WORK TASK => Which lines run from the one containing "MatchOption result (word_behind" to the end of the records? Write them out exactly, both ends included, and nothing else.

BEGIN GIVEN DATA

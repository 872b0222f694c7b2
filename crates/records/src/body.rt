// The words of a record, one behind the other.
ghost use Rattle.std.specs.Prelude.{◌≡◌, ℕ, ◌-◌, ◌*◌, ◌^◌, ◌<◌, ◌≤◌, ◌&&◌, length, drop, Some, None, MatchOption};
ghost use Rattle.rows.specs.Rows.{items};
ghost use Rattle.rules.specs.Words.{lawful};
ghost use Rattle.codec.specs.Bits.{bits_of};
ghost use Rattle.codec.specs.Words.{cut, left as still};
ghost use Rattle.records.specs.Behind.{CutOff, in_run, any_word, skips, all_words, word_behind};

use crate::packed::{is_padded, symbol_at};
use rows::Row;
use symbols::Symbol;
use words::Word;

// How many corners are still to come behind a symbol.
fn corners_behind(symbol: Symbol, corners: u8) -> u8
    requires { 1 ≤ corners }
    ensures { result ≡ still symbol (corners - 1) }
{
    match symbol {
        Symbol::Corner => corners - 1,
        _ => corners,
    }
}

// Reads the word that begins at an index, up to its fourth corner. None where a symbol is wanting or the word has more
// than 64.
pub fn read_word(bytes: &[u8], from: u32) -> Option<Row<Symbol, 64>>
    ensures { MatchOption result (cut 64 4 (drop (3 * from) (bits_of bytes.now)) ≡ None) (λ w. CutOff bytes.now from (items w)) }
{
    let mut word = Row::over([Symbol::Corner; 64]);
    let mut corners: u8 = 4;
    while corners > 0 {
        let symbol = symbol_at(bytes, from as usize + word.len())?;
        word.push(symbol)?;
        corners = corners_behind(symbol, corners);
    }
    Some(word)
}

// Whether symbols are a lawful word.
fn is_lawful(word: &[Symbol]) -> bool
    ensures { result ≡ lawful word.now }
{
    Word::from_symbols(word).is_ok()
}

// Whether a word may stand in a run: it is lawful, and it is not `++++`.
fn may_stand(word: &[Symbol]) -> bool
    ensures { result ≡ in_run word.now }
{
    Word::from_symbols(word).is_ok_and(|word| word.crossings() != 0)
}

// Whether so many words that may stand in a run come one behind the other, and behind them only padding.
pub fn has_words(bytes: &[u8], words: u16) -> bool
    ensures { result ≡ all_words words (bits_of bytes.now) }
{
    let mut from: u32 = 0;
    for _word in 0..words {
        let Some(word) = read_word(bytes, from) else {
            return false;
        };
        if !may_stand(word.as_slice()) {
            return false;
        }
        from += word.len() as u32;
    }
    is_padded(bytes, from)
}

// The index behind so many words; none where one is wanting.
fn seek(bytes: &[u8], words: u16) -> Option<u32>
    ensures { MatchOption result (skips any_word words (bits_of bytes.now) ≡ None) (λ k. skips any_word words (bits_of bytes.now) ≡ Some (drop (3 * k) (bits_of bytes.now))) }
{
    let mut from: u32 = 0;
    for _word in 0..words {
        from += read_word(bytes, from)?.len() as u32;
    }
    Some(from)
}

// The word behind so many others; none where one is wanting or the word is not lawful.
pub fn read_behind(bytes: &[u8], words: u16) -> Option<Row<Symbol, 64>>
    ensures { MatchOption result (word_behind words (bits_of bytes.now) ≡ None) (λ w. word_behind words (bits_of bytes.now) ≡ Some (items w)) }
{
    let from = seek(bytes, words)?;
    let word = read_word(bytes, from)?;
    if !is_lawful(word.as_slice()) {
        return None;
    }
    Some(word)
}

END GIVEN DATA

OUTPUT FOR THIS TASK =>
    ensures { MatchOption result (word_behind words (bits_of bytes.now) ≡ None) (λ w. word_behind words (bits_of bytes.now) ≡ Some (items w)) }
{
    let from = seek(bytes, words)?;
    let word = read_word(bytes, from)?;
    if !is_lawful(word.as_slice()) {
        return None;
    }
    Some(word)
}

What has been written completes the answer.